What you have to do: Note every line in the entries that contains the string "Image", and copy it.

[Opening Records supplied section]

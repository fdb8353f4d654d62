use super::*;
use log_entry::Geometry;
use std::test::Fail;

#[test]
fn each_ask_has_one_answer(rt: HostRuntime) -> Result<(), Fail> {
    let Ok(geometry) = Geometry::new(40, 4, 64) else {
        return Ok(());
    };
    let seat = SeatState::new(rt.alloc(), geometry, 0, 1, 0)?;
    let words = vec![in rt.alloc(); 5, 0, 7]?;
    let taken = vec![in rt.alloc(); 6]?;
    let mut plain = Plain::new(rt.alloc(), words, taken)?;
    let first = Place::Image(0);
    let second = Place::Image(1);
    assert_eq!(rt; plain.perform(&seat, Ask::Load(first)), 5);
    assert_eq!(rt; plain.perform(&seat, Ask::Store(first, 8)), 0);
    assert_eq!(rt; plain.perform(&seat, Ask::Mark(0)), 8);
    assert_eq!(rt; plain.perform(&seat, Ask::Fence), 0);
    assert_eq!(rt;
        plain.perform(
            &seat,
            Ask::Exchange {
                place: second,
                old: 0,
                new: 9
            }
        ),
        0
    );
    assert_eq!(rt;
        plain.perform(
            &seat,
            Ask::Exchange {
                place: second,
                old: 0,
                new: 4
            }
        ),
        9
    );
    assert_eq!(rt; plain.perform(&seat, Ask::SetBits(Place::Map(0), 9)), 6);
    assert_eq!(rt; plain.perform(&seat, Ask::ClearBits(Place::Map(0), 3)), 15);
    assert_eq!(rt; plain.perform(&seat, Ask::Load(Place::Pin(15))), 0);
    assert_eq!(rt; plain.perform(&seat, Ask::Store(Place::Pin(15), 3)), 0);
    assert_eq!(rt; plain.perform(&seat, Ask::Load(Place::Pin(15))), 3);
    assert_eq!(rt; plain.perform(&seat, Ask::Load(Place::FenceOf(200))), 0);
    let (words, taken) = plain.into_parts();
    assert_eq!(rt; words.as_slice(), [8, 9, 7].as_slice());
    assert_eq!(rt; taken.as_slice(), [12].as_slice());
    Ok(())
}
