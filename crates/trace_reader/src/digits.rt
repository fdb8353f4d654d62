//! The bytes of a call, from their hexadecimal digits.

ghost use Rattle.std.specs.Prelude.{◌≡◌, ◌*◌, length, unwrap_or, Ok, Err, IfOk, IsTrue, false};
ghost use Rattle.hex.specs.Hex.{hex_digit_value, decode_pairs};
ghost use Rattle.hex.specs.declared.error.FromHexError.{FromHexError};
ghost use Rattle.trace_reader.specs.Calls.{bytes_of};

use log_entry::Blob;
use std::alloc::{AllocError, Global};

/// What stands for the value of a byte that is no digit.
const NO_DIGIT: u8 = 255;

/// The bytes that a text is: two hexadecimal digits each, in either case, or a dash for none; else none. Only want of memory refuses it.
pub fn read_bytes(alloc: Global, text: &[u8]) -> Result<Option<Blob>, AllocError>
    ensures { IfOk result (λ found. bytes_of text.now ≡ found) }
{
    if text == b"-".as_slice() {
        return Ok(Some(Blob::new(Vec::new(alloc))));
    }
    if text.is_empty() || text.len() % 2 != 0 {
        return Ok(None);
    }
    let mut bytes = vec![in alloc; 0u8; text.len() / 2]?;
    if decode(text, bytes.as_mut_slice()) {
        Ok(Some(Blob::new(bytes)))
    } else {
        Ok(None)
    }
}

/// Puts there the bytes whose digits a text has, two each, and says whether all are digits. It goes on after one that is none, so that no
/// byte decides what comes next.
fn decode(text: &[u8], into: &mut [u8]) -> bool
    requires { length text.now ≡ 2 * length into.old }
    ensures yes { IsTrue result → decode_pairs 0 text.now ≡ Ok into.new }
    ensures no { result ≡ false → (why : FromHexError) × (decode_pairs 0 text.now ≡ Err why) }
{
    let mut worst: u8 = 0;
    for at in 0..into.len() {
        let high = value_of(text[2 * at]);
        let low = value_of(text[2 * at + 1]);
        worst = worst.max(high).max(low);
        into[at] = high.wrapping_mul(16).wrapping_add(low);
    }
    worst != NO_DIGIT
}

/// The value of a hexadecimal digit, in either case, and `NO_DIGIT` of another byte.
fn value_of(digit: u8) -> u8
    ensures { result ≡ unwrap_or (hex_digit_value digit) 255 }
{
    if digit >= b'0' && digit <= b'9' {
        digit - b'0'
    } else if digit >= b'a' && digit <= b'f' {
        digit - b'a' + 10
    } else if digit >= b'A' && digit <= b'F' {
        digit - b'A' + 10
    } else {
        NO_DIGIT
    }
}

[Closing Records supplied section]
[Opening Records supplied section]

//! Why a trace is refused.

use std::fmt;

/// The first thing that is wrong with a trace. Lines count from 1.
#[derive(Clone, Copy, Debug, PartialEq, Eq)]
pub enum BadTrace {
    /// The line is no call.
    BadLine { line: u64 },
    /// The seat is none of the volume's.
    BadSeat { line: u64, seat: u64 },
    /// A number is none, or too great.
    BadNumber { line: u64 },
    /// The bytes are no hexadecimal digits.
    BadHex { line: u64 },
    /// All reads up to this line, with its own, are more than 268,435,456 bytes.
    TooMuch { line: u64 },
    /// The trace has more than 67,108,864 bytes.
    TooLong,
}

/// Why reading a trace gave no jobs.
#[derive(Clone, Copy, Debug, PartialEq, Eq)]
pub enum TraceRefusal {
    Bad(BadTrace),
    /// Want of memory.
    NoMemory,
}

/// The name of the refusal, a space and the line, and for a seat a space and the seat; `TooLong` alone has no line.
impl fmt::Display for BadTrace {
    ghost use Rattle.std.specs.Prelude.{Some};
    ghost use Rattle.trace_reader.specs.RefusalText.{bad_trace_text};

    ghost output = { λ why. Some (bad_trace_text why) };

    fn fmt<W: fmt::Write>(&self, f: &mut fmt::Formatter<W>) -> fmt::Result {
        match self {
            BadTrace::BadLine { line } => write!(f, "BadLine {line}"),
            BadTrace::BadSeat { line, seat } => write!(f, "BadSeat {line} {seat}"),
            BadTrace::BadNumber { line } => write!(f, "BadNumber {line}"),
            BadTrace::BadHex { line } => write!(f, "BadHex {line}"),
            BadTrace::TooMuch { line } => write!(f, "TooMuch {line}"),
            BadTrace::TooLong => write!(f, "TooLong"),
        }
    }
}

[Closing Records supplied section]
[Opening Records supplied section]

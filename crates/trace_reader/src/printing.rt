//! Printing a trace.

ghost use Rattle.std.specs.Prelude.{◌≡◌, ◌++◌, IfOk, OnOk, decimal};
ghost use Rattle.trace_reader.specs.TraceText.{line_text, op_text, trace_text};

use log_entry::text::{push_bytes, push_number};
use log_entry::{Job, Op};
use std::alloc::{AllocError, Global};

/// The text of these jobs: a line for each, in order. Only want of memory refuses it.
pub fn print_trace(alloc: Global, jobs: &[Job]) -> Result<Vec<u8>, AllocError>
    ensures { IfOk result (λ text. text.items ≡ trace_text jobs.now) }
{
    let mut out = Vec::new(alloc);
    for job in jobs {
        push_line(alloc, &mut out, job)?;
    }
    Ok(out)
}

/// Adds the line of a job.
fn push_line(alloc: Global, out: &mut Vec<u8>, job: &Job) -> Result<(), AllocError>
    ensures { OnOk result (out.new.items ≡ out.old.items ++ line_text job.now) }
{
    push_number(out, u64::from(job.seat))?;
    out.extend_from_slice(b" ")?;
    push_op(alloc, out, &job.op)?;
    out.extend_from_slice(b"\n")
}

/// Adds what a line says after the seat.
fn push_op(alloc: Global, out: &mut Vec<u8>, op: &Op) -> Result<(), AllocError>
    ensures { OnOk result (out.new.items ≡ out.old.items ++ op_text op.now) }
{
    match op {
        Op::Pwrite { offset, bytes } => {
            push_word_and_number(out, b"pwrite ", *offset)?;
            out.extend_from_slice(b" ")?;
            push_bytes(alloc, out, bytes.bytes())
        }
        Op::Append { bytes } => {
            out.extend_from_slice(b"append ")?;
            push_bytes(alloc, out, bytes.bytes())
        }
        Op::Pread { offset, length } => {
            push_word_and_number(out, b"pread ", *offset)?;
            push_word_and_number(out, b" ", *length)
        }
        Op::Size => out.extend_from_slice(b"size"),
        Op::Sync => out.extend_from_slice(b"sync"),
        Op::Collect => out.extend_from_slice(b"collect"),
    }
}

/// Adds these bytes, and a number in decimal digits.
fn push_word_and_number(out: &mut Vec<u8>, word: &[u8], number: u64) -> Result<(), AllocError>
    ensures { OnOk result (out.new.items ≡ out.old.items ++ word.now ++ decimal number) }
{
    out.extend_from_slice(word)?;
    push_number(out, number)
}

[Closing Records supplied section]

Result for this exercise:
    let first = Place::Image(0);
    let second = Place::Image(1);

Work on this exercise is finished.